Some of Australia's most famous desert country is under water.
At the top and bottom of the world's driest inhabited continent, it is a remarkable conflux of weather.
The feared Tanami Desert which straddles the Northern Territory/Western Australian border was one of the last chunks of Australia's arid interior to be explored after settlement.
A rich wet season bounty across northern Australia has dumped record amounts of rain across the Tanami, closing the sandy tracks which challenge a constant stream of 4WD adventurers.
The Nullarbor Plain from South Australia to WA also has a fearsome reputation as a long expanse of nothingness with incredibly little surface water.
But not today.
Australia was cut in two after a year's rain fell in a few days earlier this month in more of the more remote stretches of the Nullabor from Kalgoorlie to Cocklebiddy.
Outback flooding dangerously cut the nation in two.
The Eyre Highway was closed for a week, the Trans-Australia Railway is still flooded with hopes it can be repaired by Easter.
The Nullarbor's yearly rainfall struggles to reach 225mm most years.
Some remote settlements on the plain have recorded their wettest period in 136 years of records.
Despite their vast distance apart, the Nullarbor and Tanami today share the same weather benefactor.
The northern wet season arrived late but is still producing a rich bounty.
The monsoonal troughs produced the tropical moisture which was funnelled across the Nullarbor earlier in the month.
A weather system parked over WA for several days diverted this moisture to the usually parched Nullarbor.
The same monsoon spawned Tropical Cyclone Megan in the past week which devastated Borroloola on the NT's eastern coast and moved west across the Territory as a tropical low cropping huge amounts of rain.
It has been a wet, wet season.
Much of the rain has fallen across the Barkly Tablelands but a healthy amount has ended up on the Tanami.
While Tennant Creek is still waiting on a weather radar so residents could have seen what was coming, there's not much in the way of other BOM recording instruments in the desert.
One place where we do keep watch on the Tanami is at Rabbit Flat.
It is a former roadhouse in the middle of nowhere which is usually engaged in sorting out the nation's hottest spot - Marble Bar or Rabbit Flat.
The automated station recorded 128mm on Thursday as ex-Tc Megan passed across.

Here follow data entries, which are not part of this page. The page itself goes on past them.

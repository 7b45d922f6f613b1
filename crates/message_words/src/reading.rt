//! What a session read in octets that it got.

ghost use Rattle.std.specs.Prelude.{◌≡◌, IfOk};
ghost use Rattle.std.specs.List.{AllByRecursion};
ghost use Rattle.attr_codec.specs.Decoding.{Decodes};
ghost use Rattle.bgp_types.specs.FirstFault.{message_of};
ghost use Rattle.bgp_story.specs.Laws.{IsGotLine};
ghost use Rattle.bgp_story.specs.Legal.{IsGot, open_in, got_open};

use bgp_story::Line;
use bgp_types::{Expected, Message, NoMemory, OpenMsg, SessionState, header_fault};
use bgp_wire::{CodecFault, as_said, header_notice, read_message};
use std::alloc::Global;

/// Returns the message that a session which expects this reads in octets that it got at once, or the first fault that it finds (RFC 4271,
/// section 6). The octets are a whole message with a sound header, or a header with a fault.
#[tactic(auto, using(crate::proofs::Frames::got_header, crate::proofs::Frames::got_frame, crate::proofs::Frames::fault_read))]
pub fn read_got(alloc: Global, expected: &Expected, bytes: &[u8]) -> Result<Message, CodecFault>
    requires { IsGot bytes.now }
    ensures { Decodes result (message_of expected.now bytes.now) }
{
    match header_fault(bytes) {
        Some(fault) => Err(CodecFault::Wire(header_notice(alloc, fault)?)),
        None => read_message(alloc, bytes, expected),
    }
}

/// Returns the OPEN that octets are read as, if they are one.
fn open_in(alloc: Global, expected: &Expected, bytes: &[u8]) -> Result<Option<OpenMsg>, NoMemory>
    requires { IsGot bytes.now }
    ensures { IfOk result (λ o. o ≡ open_in (message_of expected.now bytes.now)) }
{
    match read_got(alloc, expected, bytes) {
        Ok(Message::OpenMsg(theirs)) => Ok(Some(theirs)),
        Ok(_) | Err(CodecFault::Wire(_)) => Ok(None),
        Err(CodecFault::NoMemory) => Err(NoMemory),
    }
}

/// Returns the OPEN that a session got, if it did, by the lines of its story, the OPEN that it put and the AS of its remote. Both OPENs say in which
/// width AS numbers are written, and the hold time.
#[tactic(auto, using(crate::proofs::Openings::open_later))]
pub fn open_got(
    alloc: Global,
    first: &OpenMsg,
    remote_as: u32,
    lines: &[Line],
) -> Result<Option<OpenMsg>, NoMemory>
    requires { AllByRecursion IsGotLine lines.now }
    ensures { IfOk result (λ o. o ≡ got_open (record { first = first.now; remote_as = remote_as }) lines.now) }
{
    let expected = Expected {
        state: SessionState::OpenSent,
        remote_as,
        offered: as_said(&first.caps).is_some(),
        wide: false,
    };
    for line in lines {
        match line {
            Line::Got(bytes) => return open_in(alloc, &expected, bytes),
            Line::Put(_) | Line::Tick(_) => {}
        }
    }
    Ok(None)
}
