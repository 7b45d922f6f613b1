//! What is tested at the mark behind a round.

ghost use Rattle.std.specs.Prelude.{ℕ, ◌≡◌, ◌≤◌, ◌^◌, ◌-◌, min, IfOk};
ghost use Rattle.graft_model.specs.Setups.{Setup, IsSetup};
ghost use Rattle.graft_model.specs.Parts.{World};
ghost use Rattle.world_nodes.specs.Edges.{HasCounts};
ghost use Rattle.world_nodes.specs.RunningLabs.{stand, counts, AllWork};
ghost use Rattle.world_nodes.specs.Looks.{IsWorldAt};
ghost use Rattle.node_configs.specs.declared.budget.Budget.{Budget};
ghost use Rattle.lab_run.specs.Ends.{MarkCounts, CountsTo, IsBelowLimits, Names, LimitNames, NoneIsStuck};

use graft_edge::NoMemory;
use lab_report::RunEnd;
use node_configs::Budget;
use world_nodes::RunningLab;

/// From this number of events on, the journals together are full.
const MOST_EVENTS: u64 = 4_194_304;

/// What is decided at a mark.
#[derive(Drop)]
pub(crate) enum Verdict {
    /// Another round.
    GoesOn,
    /// The next group, or the end of the run where there is none.
    IsQuiet,
    /// The end of the run by a limit.
    Ends(RunEnd),
}

/// A length, up to the end of a count of 32 bits.
fn short(length: usize) -> u32
    ensures { result ≡ min length (2 ^ 32 - 1) }
{
    length.min(4_294_967_295) as u32
}

/// Returns how a run with this many events ends, if its journals are full.
fn full(events: u64) -> Option<RunEnd>
    ensures { (setup : Setup) (w : World) (budget : Budget) (c : MarkCounts) → NoneIsStuck setup w
        → events ≡ min c.events (2 ^ 64 - 1) → LimitNames setup w budget c result }
{
    if events >= MOST_EVENTS {
        return Some(RunEnd::JournalFull { events });
    }
    None
}

/// The session that is stuck, or else a journal that is full.
fn limit(running: &RunningLab) -> Result<Option<RunEnd>, NoMemory>
    requires works { AllWork running.now }
    ensures { IfOk result (λ found. (setup : Setup) (w : World) (budget : Budget) (c : MarkCounts)
        → HasCounts setup (counts running.now) → IsWorldAt setup (stand running.now) w
        → CountsTo (stand running.now).view c.events → LimitNames setup w budget c found) }
{
    match running.stuck()? {
        Some((peering, length)) => Ok(Some(RunEnd::StreamFull {
            peering,
            length: short(length),
        })),
        None => Ok(full(running.events())),
    }
}

/// Where no limit of the whole run is met: whether the world is quiet, or the budget is used up.
fn budget_verdict(running: &RunningLab, budget: Budget, step: u32, rounds: u32) -> Verdict
    requires works { AllWork running.now }
    requires sound { budget.least ≤ budget.rounds }
    ensures { (setup : Setup) (w : World) (c : MarkCounts) → IsSetup setup → HasCounts setup (counts running.now)
        → IsWorldAt setup (stand running.now) w → c.step ≡ step → c.rounds ≡ rounds
        → IsBelowLimits setup w c → Names setup w budget c result }
{
    match running.pending() {
        None => {
            if budget.least <= rounds {
                Verdict::IsQuiet
            } else {
                Verdict::GoesOn
            }
        }
        Some(pending) => {
            if budget.rounds <= rounds {
                Verdict::Ends(RunEnd::Unsettled {
                    step,
                    rounds,
                    pending,
                })
            } else {
                Verdict::GoesOn
            }
        }
    }
}

/// Decides at the mark behind a round how the run goes on, where the settle of number `step` has made `rounds` rounds.
pub(crate) fn decide_at_mark(
    running: &RunningLab,
    budget: Budget,
    step: u32,
    rounds: u32,
) -> Result<Verdict, NoMemory>
    requires works { AllWork running.now }
    requires sound { budget.least ≤ budget.rounds }
    ensures { IfOk result (λ verdict. (setup : Setup) (w : World) (c : MarkCounts) → IsSetup setup
        → HasCounts setup (counts running.now) → IsWorldAt setup (stand running.now) w → c.step ≡ step
        → c.rounds ≡ rounds → CountsTo (stand running.now).view c.events → Names setup w budget c verdict) }
{
    match limit(running)? {
        Some(end) => Ok(Verdict::Ends(end)),
        None => Ok(budget_verdict(running, budget, step, rounds)),
    }
}
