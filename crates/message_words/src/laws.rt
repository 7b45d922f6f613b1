//! Worked messages in words.

ghost use Rattle.std.specs.Prelude.{◌≡◌, map, true};
ghost use Rattle.message_words.specs.Messages.{message_words, read_words};
ghost use Rattle.message_words.specs.Worked.{worked_messages, worked_words, worked_expected, worked_faults, worked_fault_words};

/// Messages of each type in full, and octets in which a session that waits for the OPEN of its remote finds a fault.
pub fn worked_words()
    ensures messages { map (message_words true) worked_messages ≡ worked_words }
    ensures faults { map (read_words true worked_expected) worked_faults ≡ worked_fault_words }
{}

Major NT highways were cut but no surprise to find Tanami Track closed, only about a fifth of it is sealed - although efforts are currently underway to seal a lot more of it.
The end of its ruggedness is a disappointment to some adventurers but all-weather access is critical to those who rely on it.
Those who have ventured there remarked of their surprise to find the Tanami "hillier" than they expected.
It is the low points between the sandy ridges which collect the water and can trap the unwary.
People are also surprised to find the Tanami's annual average rain is just shy of 500mm, vastly different to places like the Nullarbor.
The Tanami regularly gets a flick in the tail of the wet season.
Rabbit Flat has had 611mm already this year.
After all it was actually named after a well on the stock route from Alice Springs to Halls Creek in WA. It's annual average is around 430mm.
The northern wet season historically ends in April, perhaps there's more to come yet.